Cooperare in un contesto incerto e instabile
A livello scientifico, le recenti esplorazioni su Marte danno risultati inconcludenti sulla probabilità che la vita fosse già presente: “Bisogna distinguere tra la possibilità di vita esistente e quella di vita antica, sono due questioni abbastanza diverse”, spiega il dottor Léveillé. “Sappiamo che Marte oggi è molto inadatto alla vita; Considerando le condizioni attuali, non c’è davvero acqua liquida in superficie, fa molto freddo e secco, ma sappiamo che in passato c’erano dei laghi. “Era un pianeta diverso che avrebbe potuto ospitare la vita, ma trovare tracce di acqua non significa necessariamente che avrebbe potuto esserci vita.” Per quanto riguarda le missioni destinate a esplorare corpi celesti probabilmente in grado di ospitare la vita esistente, restano di fronte ai limiti tecnologici: “Per quanto riguarda la vita attuale, forse ci sono altri luoghi come l’Europa o Encelado, lune con oceani sotto il ghiaccio, che potrebbero forse essere più favorevole alla vita”, afferma il dottor Léveillé. «Solo che di questi luoghi sappiamo ancora meno perché sono più lontani. »
Inoltre, l’attuale situazione geopolitica crea dubbi riguardo alla futura possibilità di realizzare una collaborazione internazionale: “Viviamo in un periodo molto conflittuale con molta polarizzazione”, lamenta la Dott.ssa Léveillé. “Ci sono guerre nel 2024, stiamo ancora lottando per i territori, quindi come possiamo essere pronti a riunire l’umanità in questa avventura unificante?
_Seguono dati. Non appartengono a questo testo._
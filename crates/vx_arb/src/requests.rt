//! A request for capacity, in the hands of the one who begun it.
ghost use Rattle.std.specs.Prelude.{◌≡◌, ◌-◌, ◌<◌, ◌^◌, false, [], length, IfOk};
ghost use Rattle.vx_arb.specs.Books.{has_look, after_look, after_move};
ghost use Rattle.vx_arb.specs.Unmet.{AreSingle};

use crate::sights::seat_of;
use crate::{Look, Looks, Standing};
use std::alloc::{AllocError, Global};
use std::marker::Model;

/// A request. `Arb::begin_request` alone makes one, and it ends with a grant, an abort or a drop.
#[derive(Debug, Drop)]
pub struct Request {
    number: u64,
    job: u32,
    need: u64,
    would: u64,
    looks: Vec<Look>,
    left: u64,
    // For how many further looks the list has room.
    room: u64,
}

impl Model for Request {
    ghost use Rattle.vx_arb.specs.Books.{Asked};

    ghost Value = { Asked };

    ghost use Rattle.std.specs.Prelude.{◌<◌, ◌^◌, length, vec_capacity};
    ghost use Rattle.vx_arb.specs.Keeping.{IsRequest};

    ghost view = { λ request. record {
      number = request.number;
      job = request.job;
      need = request.need;
      would = request.would;
      looks = request.looks.items;
      left = request.left;
      room = request.room;
    } };

    ghost invariant = { λ request. IsRequest request.looks.items request.room (vec_capacity request.looks) };
}

impl Request {
    pub(crate) fn begin(alloc: Global, standing: Standing, room: usize) -> Result<Self, AllocError>
        requires { room < 2 ^ 32 }
        ensures { IfOk result (λ request. request ≡ record {
          number = standing.number;
          job = standing.job;
          need = standing.need;
          would = standing.would;
          looks = [];
          left = standing.left;
          room = room;
        }) }
    {
        Ok(Request {
            number: standing.number,
            job: standing.job,
            need: standing.need,
            would: standing.would,
            looks: Vec::with_capacity(alloc, room)?,
            left: standing.left,
            room: room as u64,
        })
    }

    // Counts one shrink or reclaim.
    pub(crate) fn spend(&mut self)
        requires { 0 < self.old.left }
        ensures { self.new ≡ after_move self.old }
    {
        self.left -= 1;
    }

    // Adds a look, or puts it in the place of that of its job.
    pub(crate) fn put(&mut self, look: Look)
        requires { has_look self.old.looks look.job ≡ false → 0 < self.old.room }
        ensures { self.new ≡ after_look self.old look }
    {
        match seat_of(&self.looks, look.job) {
            Some(place) => self.looks[place] = look,
            None => {
                self.looks.push_reserved(look);
                self.room -= 1;
            }
        }
    }

    pub(crate) fn into_looks(self) -> Looks
        ensures { result ≡ self.looks }
    {
        Looks::from_vec(self.looks)
    }

    /// Requests are numbered from 1 in order of beginning.
    pub fn number(&self) -> u64
        ensures { result ≡ self.now.number }
    {
        self.number
    }

    /// The job that lacks capacity.
    pub fn job(&self) -> u32
        ensures { result ≡ self.now.job }
    {
        self.job
    }

    /// What the job lacks.
    pub fn need(&self) -> u64
        ensures { result ≡ self.now.need }
    {
        self.need
    }

    /// The capacity that the job would have.
    pub fn would(&self) -> u64
        ensures { result ≡ self.now.would }
    {
        self.would
    }

    /// The looks so far, one a job at most.
    pub fn looks(&self) -> &[Look]
        ensures is { result.now ≡ self.now.looks }
        ensures single { AreSingle result.now }
        ensures few { length result.now < 2 ^ 32 }
    {
        &self.looks
    }

    /// How many more shrinks and reclaims the request may make.
    pub fn left(&self) -> u64
        ensures { result ≡ self.now.left }
    {
        self.left
    }

    /// For how many further looks there is room.
    pub fn room(&self) -> u64
        ensures { result ≡ self.now.room }
    {
        self.room
    }
}

/// Why a request isn't granted: it needs more than what is free. The request goes on.
#[derive(Debug, Drop)]
pub struct Lacking {
    pub need: u64,
    pub free: u64,
    pub request: Request,
}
Rimango fiducioso, ma potremmo non essere pronti. »
Tuttavia, l’esistenza della stazione spaziale internazionale ricorda, secondo il prof. Dasgupta, che la cooperazione scientifica e le tensioni diplomatiche non sono incompatibili: “Ci sono ovviamente differenze ideologiche tra i paesi, ma anche in questo caso la ISS esiste. Esiste mentre parliamo, mentre c’è la guerra in Ucraina, eppure Russia e Stati Uniti stanno collaborando insieme alla stazione. »
Sebbene la ISS rappresenti una speranza per la cooperazione spaziale, la NASA ne prevede la chiusura definitiva entro il 2031, in particolare a causa della sua obsolescenza e degli alti costi legati alla sua manutenzione. Resta quindi da verificare se un regime di governance internazionale possa davvero essere definito e accettato da tutti, poiché la collaborazione sembra inevitabile, se l’Umanità vuole realizzare ancora una volta un progetto di tale portata.